TASK STATEMENT> Establish the number of lines below that contain the string "Rattle". State that number alone.
*** DATA EXTRACTS ***
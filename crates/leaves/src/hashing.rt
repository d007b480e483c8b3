// The loop over entries, one for every kind of column.
ghost use Rattle.std.specs.Prelude.{◌≡◌, ℕ, ◌+◌, ◌^◌, ◌<◌, length};
ghost use Rattle.image.specs.Slot.{Slot};
ghost use Rattle.leaves.specs.Rows.{LeafRow, RowsFor, column_slot, leaf_words, row_of};
ghost use Rattle.row_rule.specs.Number.{number_of};

use crate::reader::Reader;
use crate::rows::Rows;
use hash_state::{BuildHasher, HashState, HashValue, hash_later};
use layout::column::Column;
use layout::data_type::DataType;

// What entries are hashed by: the rows that they meet of a column, and a state, for a first column or a later one.
#[derive(Drop)]
pub(crate) struct Hashing<'a, 'b, S> {
    pub column: Column<'a>,
    pub data_type: DataType,
    pub rows: Rows<'b>,
    pub state: &'b S,
    pub first: bool,
}

impl<'a, S: HashState> Hashing<'a, '_, S> {
    // Each entry in place, at the row that it meets; a null leaves it as it is. Entries are lent apart from the fields, so
    // no field can say how many there are.
    fn each<R: Reader<'a>, F: Fn(usize) -> u32 + Drop>(
        self,
        reader: &R,
        row_at: F,
        entries: &mut [u64],
    )
        requires typed { R.data_type reader.now ≡ self.data_type }
        requires readable { (j : ℕ) → j < length entries.old → LeafRow self.column.bytes.now self.data_type self.column.record (row_of self.rows.lo self.rows.list j) }
        requires callable { (j : ℕ) → j < length entries.old → F.pre row_at j }
        requires rows { (j row : ℕ) → j < length entries.old → F.post row_at j row → row ≡ row_of self.rows.lo self.rows.list j }
        ensures { let h = self.entry in (down : ℕ → ℕ → Slot) → entries.new ≡ leaf_words (number_of (S.BuildHasher.one h.state.now) (S.HashState.seeded h.state.now) h.first) (column_slot h.column h.data_type down) h.rows entries.old }
    {
        for (j, entry) in entries.iter_mut().enumerate() {
            let row = row_at(j);
            if self.column.is_null(self.data_type, row) {
                continue;
            }
            let value = reader.value(&self.column, row);
            // hash_entry says the same, and takes a sixth more time over first texts under FNV-1a
            *entry = if self.first {
                value.hash_one(self.state)
            } else {
                hash_later(&value, self.state, *entry)
            };
        }
    }

    // A loop for a list and a loop without one: to look for the list at each entry takes a tenth more time over numbers.
    pub(crate) fn run<R: Reader<'a>>(self, reader: &R, entries: &mut [u64])
        requires typed { R.data_type reader.now ≡ self.data_type }
        requires readable { (j : ℕ) → j < length entries.old → LeafRow self.column.bytes.now self.data_type self.column.record (row_of self.rows.lo self.rows.list j) }
        requires listed { RowsFor self.rows.list (length entries.old) }
        requires fits { self.rows.lo + length entries.old < 2 ^ 32 }
        ensures { let h = self.entry in (down : ℕ → ℕ → Slot) → entries.new ≡ leaf_words (number_of (S.BuildHasher.one h.state.now) (S.HashState.seeded h.state.now) h.first) (column_slot h.column h.data_type down) h.rows entries.old }
    {
        let lo = self.rows.lo;
        let Some(list) = self.rows.list else {
            // it never saturates; a plain sum lets LLVM hash two numbers of 4 bytes a turn, which takes longer than one by one
            self.each(reader, |j| lo.saturating_add(j as u32), entries);
            return;
        };
        self.each(reader, |j| list[j], entries);
    }
}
*** End of DATA EXTRACTS ***
TASK RESPONSE> 4